Предстояло еще отовариться — не часто случалось выбираться в большое село с двумя магазинами.
За десять постсоветских лет ничего не изменилось в административном центре. Только над круглосуточным коммерческим магазином трепыхался вылинявший триколор. Избы, впрочем, стояли крепкие, густоокрашенные, исчезли развалюхи с проваленными дворами.
— Вот, смотри, — сказал Митяй, — народ, говорят, бедствует. А крыши новые, заборы вон — металлическая сетка. И везде, глянь — фирменные антенны.
При упоминании об антеннах Шурик поежился.
— Так и в эпоху дефицита тоже холодильники были набиты, — возразил он. — Крутятся как-то…
— Папенька мой, — усмехнулся Митяй, — на пенсию вышел и кинулся бабки зарабатывать. Лекции, консультации. Каждый день домой на бровях приходит. Увезу я его в деревню зимовать. Хочет работать — вот тебе свинки, овечки, корова. Нинка одна плохо справляется. А чтобы не квасил да к Нинке не приставал — маменьку к нему приставлю. Нечего по телефону трепаться да ногти холить… Твой-то как, не спивается?
— Мой не сопьется, — заверил Шурик. — Нажрется, а потом две недели болеет.
— Это хорошо, — позавидовал Митяй.
Поднимая желтую пыль, проехал грузовик и остановился. Из кузова выпал человек в оранжевом пластиковом комбинезоне. Он долго поднимался с колен, сосредоточенно искал центр тяжести, нашел и выпрямился. Грузовик уехал.

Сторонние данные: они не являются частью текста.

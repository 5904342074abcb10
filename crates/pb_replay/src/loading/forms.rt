//! The forms of constraints that come one by one.

ghost use Rattle.std.specs.Prelude.{◌≡◌, ◌↔◌, ◌+◌, ◌<◌, ◌++◌, ◌∷◌, [], List, ℕ, Err, Ok, OnOk};
ghost use Rattle.std.specs.Int.RustNames.{unsigned_abs};
ghost use Rattle.pb_text.specs.meaning.Limits.{largest};
ghost use Rattle.pb_sums.specs.declared.Linear.{Linear as Written};
ghost use Rattle.pb_normal.specs.meaning.Constraints.{AreFormsOf, with_sides};
ghost use Rattle.pb_normal.specs.meaning.Form.{Form};
ghost use Rattle.pb_normal.specs.meaning.Names.{HasNames, with_names};
ghost use Rattle.pb_normal.specs.meaning.Written.{magnitude, names_of};
ghost use Rattle.pb_replay.specs.engine.Loading.{Made};

use crate::fault::Fault;
use pb_normal::{HashKeys, Names, Normal, NormalFault, Side, fits, number_names};
use pb_sums::{Linear, Relation, Term};
use pb_text::Limits;
use std::alloc::{AllocError, Global};

/// The forms of the constraints so far, and the names that have appeared. The number of a name is
/// its position among these.
#[derive(Drop)]
pub(crate) struct FormsSoFar {
    pub(crate) alloc: Global,
    pub(crate) limits: Limits,
    pub(crate) names: Names,
    pub(crate) forms: Vec<Normal>,
    /// `Memory` if memory ran out for a form or a name, and `Overflow` if a constraint exceeds the
    /// limit. Then no more is stored.
    pub(crate) made: Result<(), Fault>,
}

impl FormsSoFar {
    /// Before any constraint.
    pub(crate) fn new(alloc: Global, keys: HashKeys, limits: Limits) -> FormsSoFar
        ensures limits { result.limits ≡ limits }
        ensures made { Made [] [] result }
    {
        FormsSoFar {
            alloc,
            limits,
            names: Names::with_hasher(alloc, keys),
            forms: Vec::new(alloc),
            made: Ok(()),
        }
    }

    /// Numbers the names of an objective.
    #[inline(always)]
    pub(crate) fn number(&mut self, terms: &[Term])
        ensures limits { self.new.limits ≡ self.old.limits }
        ensures made { (named : List (List ℕ)) (cs : List Written) → Made named cs self.old →
            Made (named ++ names_of terms.now) cs self.new }
    {
        if let Ok(()) = self.made {
            match number_names(&mut self.names, terms) {
                Ok(()) => {}
                Err(AllocError) => self.made = Err(Fault::Memory),
            }
        }
    }

    /// Adds the forms of a constraint.
    pub(crate) fn add(&mut self, constraint: &Linear)
        ensures limits { self.new.limits ≡ self.old.limits }
        ensures made { (named : List (List ℕ)) (cs : List Written) → Made named cs self.old →
            Made (named ++ names_of constraint.now.terms) (cs ++ constraint.now ∷ []) self.new }
    {
        match self.made {
            Ok(()) => match self.add_sides(constraint) {
                Ok(()) => {}
                Err(fault) => self.made = Err(fault.into()),
            },
            Err(_) => {
                if !fits(constraint, self.limits) {
                    self.made = Err(Fault::Overflow);
                }
            }
        }
    }

    // Adds the forms of a constraint: that of its side "at least", and for an equality then that of
    // its side "at most".
    #[inline(always)]
    fn add_sides(&mut self, constraint: &Linear) -> Result<(), NormalFault>
        ensures limits { self.new.limits ≡ self.old.limits }
        ensures made { self.new.made ≡ self.old.made }
        ensures overflow { (result ≡ Err NormalFault.Overflow) ↔ (largest self.old.limits <
            magnitude constraint.now.terms + unsigned_abs constraint.now.degree) }
        ensures names { OnOk result (self.new.names ≡ with_names self.old.names
            (names_of constraint.now.terms)) }
        ensures forms { OnOk result ((added : List Form) × AreFormsOf self.new.names
            (with_sides constraint.now.relation constraint.now) added ×
            (self.new.forms.items ≡ self.old.forms.items ++ added)) }
    {
        self.add_side(constraint, Side::AtLeast)?;
        match constraint.relation {
            Relation::AtLeast => Ok(()),
            Relation::Equal => self.add_side(constraint, Side::AtMost),
        }
    }

    // Adds the form of one side of a constraint.
    #[inline(always)]
    fn add_side(&mut self, constraint: &Linear, side: Side) -> Result<(), NormalFault>
        ensures limits { self.new.limits ≡ self.old.limits }
        ensures made { self.new.made ≡ self.old.made }
        ensures overflow { (result ≡ Err NormalFault.Overflow) ↔ (largest self.old.limits <
            magnitude constraint.now.terms + unsigned_abs constraint.now.degree) }
        ensures names { OnOk result (self.new.names ≡ with_names self.old.names
            (names_of constraint.now.terms)) }
        ensures named { OnOk result (HasNames self.new.names (names_of constraint.now.terms)) }
        ensures forms { OnOk result ((added : Form) × AreFormsOf self.new.names
            ((side, constraint.now) ∷ []) (added ∷ []) ×
            (self.new.forms.items ≡ self.old.forms.items ++ added ∷ [])) }
    {
        let form = Normal::from_linear(self.alloc, &mut self.names, constraint, side, self.limits)?;
        self.forms.push(form)?;
        Ok(())
    }
}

— Леня, — сдерживая смех, строго сказал Митяй. — Я же тебе говорил, чтоб ты мне не попадался… Видал? Человек ниоткуда.
Леня поднял белое волнистое лицо. Черты этого лица никакого значения не имели.
— Слышишь, диктор, — прошелестел Леня. — Сними меня на камеру. Надо, чтобы…

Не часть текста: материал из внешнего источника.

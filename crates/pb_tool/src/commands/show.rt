//! `pb show`: the statements of a text, each with its position.

ghost use Rattle.std.specs.Prelude.{◌≡◌, ◌<◌, ◌^◌, false, unwrap_or, IfSome};
ghost use Rattle.pb_text.specs.contract.Automaton.{AcceptsItems, MayAsk};
ghost use Rattle.pb_text.specs.meaning.Blank.{IsInReach};
ghost use Rattle.pb_text.specs.meaning.Pulling.{OfGiven};
ghost use Rattle.pb_text.specs.meaning.Writing.{Writes};
ghost use Rattle.pb_opb.specs.contract.Canonical.{event_bytes};
ghost use Rattle.pb_proof.specs.meaning.Canonical.{statement_bytes};
ghost use Rattle.pb_tool.specs.contract.Faults.{faults_reported};
ghost use Rattle.pb_tool.specs.meaning.Files.{AsksInProofText, IsProofText, AsksInInstanceText, IsInstanceText};
ghost use Rattle.pb_tool.specs.contract.Show.{ShowsFile, shown_line, EndsAt, ShowsLines};
ghost use Rattle.pb_tool.specs.contract.Given.{ShowsGiven};
ghost use Rattle.pb_tool.specs.contract.Seen.{SawStatements};

use crate::canonical::{Canonical, put_line, write_line};
use crate::fault::{Input, ToolFault, text_fault};
use crate::file::{Format, format_of, unread_file};
use pb_opb::OpbMachine;
use pb_proof::ProofMachine;
use pb_sums::piece::Piece;
use pb_sums::{put_place, write_place};
use pb_text::{
    BYTE_LIMIT, Failed, Feeder, Limits, Machine, Place, Sink, Source, Spanned, pull, rest_is_blank,
    write_bytes,
};
use std::alloc::Global;

/// Writes a line for each statement as soon as it is complete. The line begins with the line and
/// column of the first byte of the statement. Its canonical text follows, as in `2:1 +1 x1 >= 1 ;`.
/// A file whose first byte is `p` is read as a proof, any other as an instance. Only white space
/// and comments may follow. If the text is rejected, the lines of all statements before that
/// position were written.
///
/// `longest` is the maximum number of bytes of a statement, if there is such a limit.
pub fn show<S: Source, W: Sink>(
    alloc: Global,
    input: &mut S,
    out: &mut W,
    longest: Option<u64>,
    limits: Limits,
) -> Result<(), ToolFault>
    requires { IfSome longest (λ n. 0 < n) }
    ensures shows { ShowsFile limits (unwrap_or longest (2 ^ 40)) W.contents W.faults
        (S.left input.old) out.old result (S.left input.new) out.new }
    // For any source, files included: the result is right for the bytes that its calls have given.
    ensures given { ShowsGiven limits (unwrap_or longest (2 ^ 40)) W.contents W.faults
        (S.history input.old) out.old result (S.history input.new) out.new }
    // A rejected byte is the one that the source has shown. The text ends only if the source has
    // shown its end.
    ensures seen { SawStatements (S.shown input.new) (S.ended input.new) result }
    // `Read` comes only if the source failed.
    ensures faults { S.faults input.new ≡ faults_reported result (S.faults input.old) }
{
    let longest = longest.unwrap_or(BYTE_LIMIT);
    match format_of(input) {
        Ok(Format::Proof) => show_each(ProofMachine::new(alloc, limits), longest, input, out),
        Ok(Format::Instance) => show_each(OpbMachine::new(alloc, limits), longest, input, out),
        Err(Failed) => Err(unread_file(alloc, limits)),
    }
}

/// Writes a line for each statement that a machine reads, as soon as it is complete.
fn show_each<S: Source, W: Sink, E: Canonical + Drop, M: Machine<Event = E> + Drop>(
    machine: M,
    longest: u64,
    input: &mut S,
    out: &mut W,
) -> Result<(), ToolFault>
    requires between { M.automaton.begun machine ≡ false }
    requires some { 0 < longest }
    ensures shows { ShowsLines (AcceptsItems M.automaton machine) longest
        (MayAsk M.automaton machine) E.text W.contents W.faults (S.left input.old) out.old result
        (S.left input.new) out.new }
    ensures given { OfGiven (λ left rest. ShowsLines (AcceptsItems M.automaton machine) longest
        (MayAsk M.automaton machine) E.text W.contents W.faults left out.old result rest out.new)
        (S.history input.old) (S.history input.new) }
    ensures seen { SawStatements (S.shown input.new) (S.ended input.new) result }
    ensures faults { S.faults input.new ≡ faults_reported result (S.faults input.old) }
{
    let mut feeder = Feeder::within(machine, longest);
    let mut piece = Piece::new();
    loop {
        match pull(input, &mut feeder) {
            Ok(Some(read)) => match show_statement(read, &mut feeder, &mut piece, out) {
                Ok(()) => {}
                Err(Failed) => return Err(ToolFault::Write),
            },
            Ok(None) => break,
            Err(stop) => return Err(text_fault(Input::File, stop)),
        }
    }
    read_blank_rest(input, feeder.place())
}

/// Reads the rest of an input, which may have only white space and comments.
fn read_blank_rest<S: Source>(input: &mut S, place: Place) -> Result<(), ToolFault>
    requires { IsInReach place }
    ensures ends { EndsAt place (S.left input.old) result (S.left input.new) }
    ensures given { OfGiven (λ left rest. EndsAt place left result rest) (S.history input.old)
        (S.history input.new) }
    ensures seen { SawStatements (S.shown input.new) (S.ended input.new) result }
    ensures faults { S.faults input.new ≡ faults_reported result (S.faults input.old) }
{
    match rest_is_blank(input, place) {
        Ok(()) => Ok(()),
        Err(stop) => Err(text_fault(Input::File, stop)),
    }
}

/// Writes the line of a statement. The feeder uses the memory of the statement again.
fn show_statement<W: Sink, E: Canonical + Drop, M: Machine<Event = E>>(
    read: Spanned<E>,
    feeder: &mut Feeder<M>,
    piece: &mut Piece,
    out: &mut W,
) -> Result<(), Failed>
    ensures writes { Writes W.contents W.faults out.old (shown_line E.text read) result out.new }
    ensures feeder { feeder.new ≡ feeder.old }
{
    write_spanned(&read, piece, out)?;
    feeder.reuse(read.event);
    Ok(())
}

/// Writes the line of a statement. A short line is made in the piece, whose text is replaced.
fn write_spanned<W: Sink, E: Canonical>(
    read: &Spanned<E>,
    piece: &mut Piece,
    out: &mut W,
) -> Result<(), Failed>
    ensures { Writes W.contents W.faults out.old (shown_line E.text read.now) result out.new }
{
    if put_line(&read.event, piece) && put_place(read.first, piece) {
        return write_bytes(piece.as_bytes(), out);
    }
    write_place(read.first, out)?;
    write_line(&read.event, out)
}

— Чтобы что? — с интересом спросил Шурик.
— Я Леня. Пастух… чтобы знали…
— Между прочим, золотые руки, — сказал Митяй. — И пашет, как зверь. Когда пашет. Кстати, это идея…
— Знаю я твою идею.
— Слышишь, диктор, — продолжал Леня. — А хочешь, я с моста прыгну?
— Зачем?
— Для твоего удовольствия. А ты мне — пузырь. Для моего удовольствия…

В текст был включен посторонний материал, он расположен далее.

//! Machines behind locks whose passes go to the workers and come back.

ghost use Rattle.std.specs.Prelude.{◌≡◌, ◌<◌, All, vec_len, IfOk, IfErr};
ghost use Rattle.coco_seen.specs.Notes.{Lock};
ghost use Rattle.coco_desks.specs.Gains.{AreOf};
ghost use Rattle.coco_desks.specs.Desks.{AreBackBy, AreEmpty, HasRoom, IsOpen};

use crate::locks::{EndedLocks, Started, close_all, start_all};
use crate::room::rows_for;
use crate::rows::turn;
use coco_journaled::{Journaled, Pass, Room};
use coco_packs::Packs;
use coco_types::NoMemory;
use std::alloc::Global;

/// Locks whose passes are with the workers, and the room for all that comes back.
#[derive(Drop)]
pub struct Desk<M: Packs> {
    pub locks: Vec<Journaled<M>>,
    pub trays: Vec<Vec<Pass<M>>>,
    pub back: Vec<Vec<Pass<M>>>,
    pub ended: EndedLocks<M>,
}

/// Puts each machine behind a lock, and deals the passes: a row for each worker, with one pass of each lock. Out of
/// memory, the machines come back as they were.
pub fn open<M: Packs + Drop>(
    alloc: Global,
    machines: Vec<M>,
    workers: u32,
    rooms: &mut Vec<Room<M>>,
) -> Result<(Desk<M>, Vec<Vec<Pass<M>>>), Vec<M>>
    requires { 0 < workers }
    ensures open { IfOk result (λ r. IsOpen workers machines.items r.0.locks r.0.trays r.0.back r.0.ended.machines r.0.ended.journals r.1.items) }
    ensures same { IfErr result (λ back. back.items ≡ machines.items) }
{
    let count = machines.len();
    let Ok((mut rows, back, ended)) = room_for(alloc, workers, count) else {
        return Err(machines);
    };
    let Started { locks, mut trays } = start_all(alloc, machines, workers, rooms)?;
    turn(trays.as_mut_slice(), rows.as_mut_slice());
    let desk = Desk {
        locks,
        trays,
        back,
        ended,
    };
    Ok((desk, rows))
}

// Rows for so many workers, each with room for a pass of each lock, and room for what comes back.
fn room_for<M: Packs + Drop>(
    alloc: Global,
    workers: u32,
    count: usize,
) -> Result<(Vec<Vec<Pass<M>>>, Vec<Vec<Pass<M>>>, EndedLocks<M>), NoMemory>
    ensures count { IfOk result (λ r. vec_len r.0 ≡ workers) }
    ensures rows { IfOk result (λ r. All (λ row. HasRoom count row) r.0.items) }
    ensures back { IfOk result (λ r. HasRoom workers r.1) }
    ensures machines { IfOk result (λ r. HasRoom count r.2.machines) }
    ensures journals { IfOk result (λ r. HasRoom count r.2.journals) }
{
    let ended = EndedLocks::with_room(alloc, count)?;
    let (rows, back) = rows_for(alloc, workers, count)?;
    Ok((rows, back, ended))
}

/// Ends the locks, once the workers' rows are back. No memory is taken.
pub fn close<M: Packs + Drop>(desk: Desk<M>) -> EndedLocks<M>
    requires rows { All (λ row. AreOf desk.locks.items row.items) desk.back.items }
    requires notes { All (λ (lock : Lock). lock.notes ≡ vec_len desk.back) desk.locks.items }
    requires trays { vec_len desk.trays ≡ vec_len desk.locks }
    requires empty { AreEmpty (vec_len desk.back) desk.trays.items }
    requires machines { HasRoom (vec_len desk.locks) desk.ended.machines }
    requires journals { HasRoom (vec_len desk.locks) desk.ended.journals }
    ensures { AreBackBy M.answer_to M.state_after desk.back.items (vec_len desk.locks) result.machines.items result.journals.items }
{
    let Desk {
        locks,
        mut trays,
        mut back,
        mut ended,
    } = desk;
    turn(back.as_mut_slice(), trays.as_mut_slice());
    close_all(locks, trays, &mut ended);
    ended
}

Леня осел на землю и задремал.
— Может, хоть оттащим его с дороги, — предложил Митяй.
Тяжелые пакеты погрузили в «казанку», Шурик разулся, отвел лодку от берега и вспрыгнул на корму. Глянцевая вода сморщилась и разбежалась вдоль бортов спиральными валами.
— Давай на всю катушку, — сказал Митяй, — что ты ползешь!
«Джонсон» взял тоном повыше, «казанка» вышла на глиссаж, пакеты звякнули и покатились к ногам Шурика. Прибрежные кусты образовывали со своим отражением шары и шарики — изумрудные, малахитовые, нефритовые, нанизанные на желтую полоску береговой тресты. Шурик сделал крутой вираж, вода скомкала отражения, добавила в них свечение перламутра, усложнилась форма, загадочнее стали ассоциации.
— Не так, — замотал головой Митяй. — Пересядем.
Он опасно поднялся во весь рост и шагнул к корме. Шурик изловчился, благополучно разминулся с Митяем и пересел на нос.